---------- MATERIAL SHOWN

//! The machine: the texts of a shop and the books of its accounts, and what a command makes of them.
//!
//! The rule kept here: a command gets the reply that the definitions give, and only a new one changes
//! anything: a text adds to what accounts are looked at by, any other command changes the book of its own
//! account alone. `prepare` changes nothing, and what it gives is taken in without memory, but for the room
//! of a new account: so a layer above can write a command down before it is taken in.
#![tactic(auto)]

mod account;
mod books;
mod change;
mod due_book;
mod kept_text;
mod machine;
mod texts;

pub use account::account_of;
pub use change::{Change, Opened, Planned};
pub use due_book::DueBook;
pub use machine::Machine;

--------------------

=== EXERCISE DESCRIPTION ===
Copy down each line in the entries that has the word "what".

=== EXERCISE ANSWER ===
//! The machine: the texts of a shop and the books of its accounts, and what a command makes of them.
//! anything: a text adds to what accounts are looked at by, any other command changes the book of its own
//! account alone. `prepare` changes nothing, and what it gives is taken in without memory, but for the room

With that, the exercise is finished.